* Perfect bond between the reinforcement and the concrete (strain compatibility)

* Monotonic loading and deformations of the section

* Ignore confining effect on concrete

 The internal section forces of the cross-section are generated for a specified section

curvature and a specified axis location. The elastic centroid of the cross-section is

choose as an arbitrary reference centroid. The flexural moments of the section are

computed with reference to axes that pass through the reference centroid.

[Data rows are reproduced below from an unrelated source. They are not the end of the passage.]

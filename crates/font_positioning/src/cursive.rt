//! Cursive attachment subtables (OpenType, GPOS lookup type 3).
ghost use Rattle.std.specs.Prelude.{◌≡◌, ◌≢◌, ◌≤◌, ◌+◌, IfOk, IfErr, Ok, Err, length};
ghost use Rattle.font_positioning.specs.Cursive.{entry_exit, entry_exit_row, cursive_rows, cursive_pos_at};

use crate::anchors::read_anchor;
use buffer_rows::SortedRows;
use font_bytes::fault::TableFault;
use font_bytes::room::Room;
use font_bytes::words::{need, word};
use font_records::{RowReader, read_covered_rows};
use layout_common::glyph_row::GlyphRow;
use layout_tables::cursive::{CursivePos, EntryExit};
use std::alloc::Global;

/// Reads rows whose records are the offsets of an entry and an exit anchor from the subtable's start.
#[derive(Clone, Copy)]
struct EntryExitRows {
    start: usize,
}

/// The anchors of an entry exit record.
fn read_entry_exit(start: usize, table: &[u8], at: usize) -> Result<EntryExit, TableFault>
    requires within { at + 4 ≤ length table.now }
    requires start { start ≤ length table.now }
    ensures { result ≡ entry_exit start table.now at }
{
    let entry = read_anchor(start, table, at)?;
    let exit = read_anchor(start, table, at + 2)?;
    Ok(EntryExit { entry, exit })
}

impl RowReader for EntryExitRows {
    type Row = GlyphRow<EntryExit>;

    ghost glyph_of = { λ r. r.glyph };

    ghost width_of = { λ _. 4 };

    ghost base_of = { λ s. s.start };

    ghost row_at = { λ s. entry_exit_row s.start };

    fn width(&self) -> usize {
        4
    }

    fn read_row(
        &self,
        _alloc: Global,
        table: &[u8],
        at: usize,
        glyph: u16,
        _room: &mut Room,
    ) -> Result<Option<GlyphRow<EntryExit>>, TableFault> {
        let value = read_entry_exit(self.start, table, at)?;
        Ok(Some(GlyphRow { glyph, value }))
    }
}

/// Reads the rows of format 1.
fn read_cursive_rows(
    alloc: Global,
    table: &[u8],
    at: usize,
    room: &mut Room,
) -> Result<SortedRows<GlyphRow<EntryExit>>, TableFault>
    ensures ok { IfOk result (λ v. cursive_rows room.old.left table.now at ≡ Ok (v, room.new.left)) }
    ensures refused { IfErr result (λ e. e ≢ TableFault.OutOfMemory
        → cursive_rows room.old.left table.now at ≡ Err e) }
{
    need(table, at, 6)?;
    let count = usize::from(word(table, at + 4));
    need(table, at + 6, 4 * count)?;
    let reader = EntryExitRows { start: at };
    let rows = read_covered_rows(
        &reader,
        alloc,
        table,
        at,
        word(table, at + 2),
        at + 6,
        count,
        room,
    )?;
    Ok(SortedRows::new(rows))
}

/// Reads the cursive attachment subtable at an offset, none where its format is unknown.
pub fn read_cursive_pos(
    alloc: Global,
    table: &[u8],
    at: usize,
    room: &mut Room,
) -> Result<Option<CursivePos>, TableFault>
    ensures ok { IfOk result (λ v. cursive_pos_at room.old.left table.now at ≡ Ok (v, room.new.left)) }
    ensures refused { IfErr result (λ e. e ≢ TableFault.OutOfMemory
        → cursive_pos_at room.old.left table.now at ≡ Err e) }
{
    need(table, at, 2)?;
    if word(table, at) != 1 {
        return Ok(None);
    }
    let rows = read_cursive_rows(alloc, table, at, room)?;
    Ok(Some(CursivePos { rows }))
}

 The contribution to the axial force and moment of the compression zone of the

concrete is determined by first meshing the geometry into trapezoids and then applying

numeric integration procedures. By numerically integrating the concrete stress surface

over each trapezoid in the meshed section the contributing force from each trapezoid is

found. The sum of all the trapezoid forces is the contribution of the concrete to the

internal axial force. The moment contributions are computed by multiplying the force

from each trapezoid with the distance between the reference centroid and the force.

 The strain in the reinforcing bars is assumed to be uniform and is used in

conjunction with the reinforcement stress-strain diagram to compute the stress. The force

in the bar is the area of the bar times the stress taking into account concrete displaced by

the reinforcement bars. The sum of all bar forces is the contribution of the reinforcement

to the internal axial force. The moment contributions of the reinforcement are computed

in the same manner as for concrete using the distance from the reference centroid.

 The total internal axial force is the summation of all the concrete and reinforcement

axial forces with their respective signs. The total moment of the section is the summation

of the moment contributions of concrete and reinforcement.